>>>

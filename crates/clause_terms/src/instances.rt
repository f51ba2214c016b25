ghost use Rattle.std.specs.Prelude.{◌≡◌, ◌+◌, ◌&&◌, ◌||◌, ℕ, Bool, not, if◌then◌else◌, IfOk, IsTrue, OnOk};
ghost use Rattle.std.specs.List.{list_all};
ghost use Rattle.heap_core.specs.declared.value.Seen.{Seen};
ghost use Rattle.heap_core.specs.Outcomes.{as_flag};
ghost use Rattle.heap_core.specs.Eval.{over as over_lem};
ghost use Rattle.heap_core.specs.Posed.{Posed};
ghost use Rattle.rel_core.specs.Reading.{Reading};
ghost use Rattle.rel_core.specs.Meaning.{holds};
ghost use Rattle.rel_core.specs.Uses.{Kinds, is_sorted};
ghost use Rattle.clause_terms.specs.Terms.{IsSortedTerm, IsSortedTruth, Judges, Tells};
ghost use Rattle.clause_terms.specs.Gathering.{AreSorted, Gathered, all_hold, some_hold};

use crate::after::where_holds;
use crate::term::{Shape, Term, Truth};
use no_memory::NoMemory;
use rel_core::Formula;
use sqlite_items::{Boxed, Items};
use std::alloc::Global;

/// The instances of a quantifier so far: of each where it gives a truth value, where it stays within the scopes,
/// and whether it is true.
#[derive(Drop)]
pub struct Instances {
    fine: Items<Formula>,
    inside: Items<Formula>,
    values: Items<Formula>,
}

/// What an instance adds to the value: where the guard holds the value does, or both hold.
fn guarded(
    alloc: Global,
    all: bool,
    guard: Boxed<Formula>,
    value: Boxed<Formula>,
) -> Result<Boxed<Formula>, NoMemory>
    ensures meaning { IfOk result (λ r. (m : Reading) → holds r m ≡ (if all then (not (holds guard m) || holds value m) else (holds guard m && holds value m))) }
    ensures sorted { IfOk result (λ r. (p : Posed) (kinds : Kinds) → IsTrue (is_sorted p kinds guard) → IsTrue (is_sorted p kinds value) → IsTrue (is_sorted p kinds r)) }
{
    if all {
        let implied = Formula::implies(alloc, guard, value)?;
        Ok(implied)
    } else {
        let both = Formula::both(alloc, guard, value)?;
        Ok(both)
    }
}

/// Whether all hold, or some.
fn joined(alloc: Global, all: bool, values: Items<Formula>) -> Result<Boxed<Formula>, NoMemory>
    ensures meaning { IfOk result (λ r. (m : Reading) → holds r m ≡ (if all then all_hold values m else some_hold values m)) }
    ensures sorted { IfOk result (λ r. (p : Posed) (kinds : Kinds) → IsTrue (list_all (is_sorted p kinds) values) → IsTrue (is_sorted p kinds r)) }
{
    if all {
        let every = Formula::all(alloc, values)?;
        Ok(every)
    } else {
        let some = Formula::any(alloc, values)?;
        Ok(some)
    }
}

impl Instances {
    /// None yet.
    pub fn new(alloc: Global) -> Instances
        ensures told { (m : Reading) (all : Bool) (domain : ℕ → Bool) (instance : ℕ → Seen) → Gathered m all domain instance 0 result }
        ensures sorted { (p : Posed) (kinds : Kinds) → AreSorted p kinds result }
    {
        Instances {
            fine: Items::new(alloc),
            inside: Items::new(alloc),
            values: Items::new(alloc),
        }
    }

    /// Adds the next instance, which counts where the guard holds. The guard is copied twice.
    pub fn add(
        &mut self,
        alloc: Global,
        all: bool,
        guard: Boxed<Formula>,
        truth: Truth,
    ) -> Result<(), NoMemory>
        ensures told { OnOk result ((m : Reading) (domain : ℕ → Bool) (instance : ℕ → Seen) (n : ℕ) → holds guard m ≡ domain n → Judges (instance n) truth m
            → Gathered m all domain instance n self.old → Gathered m all domain instance (n + 1) self.new) }
        ensures sorted { OnOk result ((p : Posed) (kinds : Kinds) → IsTrue (is_sorted p kinds guard) → IsSortedTruth p kinds truth → AreSorted p kinds self.old → AreSorted p kinds self.new) }
    {
        let Truth {
            value,
            fine,
            inside,
        } = truth;
        let fine = where_holds(alloc, &guard, fine)?;
        let inside = where_holds(alloc, &guard, inside)?;
        let value = guarded(alloc, all, guard, value)?;
        self.fine.push(fine.into_inner())?;
        self.inside.push(inside.into_inner())?;
        self.values.push(value.into_inner())?;
        Ok(())
    }

    /// The conjunction, or the disjunction, of the instances: Out where one of them is, else Bad where one is.
    pub fn over(alloc: Global, all: bool, instances: Instances) -> Result<Term, NoMemory>
        ensures told { IfOk result (λ r. (m : Reading) (domain : ℕ → Bool) (instance : ℕ → Seen) (n : ℕ) → ((o : ℕ) → as_flag (instance o) ≡ instance o)
            → Gathered m all domain instance n instances → Tells (over_lem all domain instance n) r m) }
        ensures sorted { IfOk result (λ r. (p : Posed) (kinds : Kinds) → AreSorted p kinds instances → IsSortedTerm p kinds r) }
    {
        let Instances {
            fine,
            inside,
            values,
        } = instances;
        let fine = Formula::all(alloc, fine)?;
        let inside = Formula::all(alloc, inside)?;
        let value = joined(alloc, all, values)?;
        Ok(Term {
            value: Shape::Truth(value),
            fine,
            inside,
        })
    }
}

<<<

Exercise goal: Reproduce every line of the listing above in which the string "IsSortedTruth" appears.

Response to the task:
ghost use Rattle.clause_terms.specs.Terms.{IsSortedTerm, IsSortedTruth, Judges, Tells};
        ensures sorted { OnOk result ((p : Posed) (kinds : Kinds) → IsTrue (is_sorted p kinds guard) → IsSortedTruth p kinds truth → AreSorted p kinds self.old → AreSorted p kinds self.new) }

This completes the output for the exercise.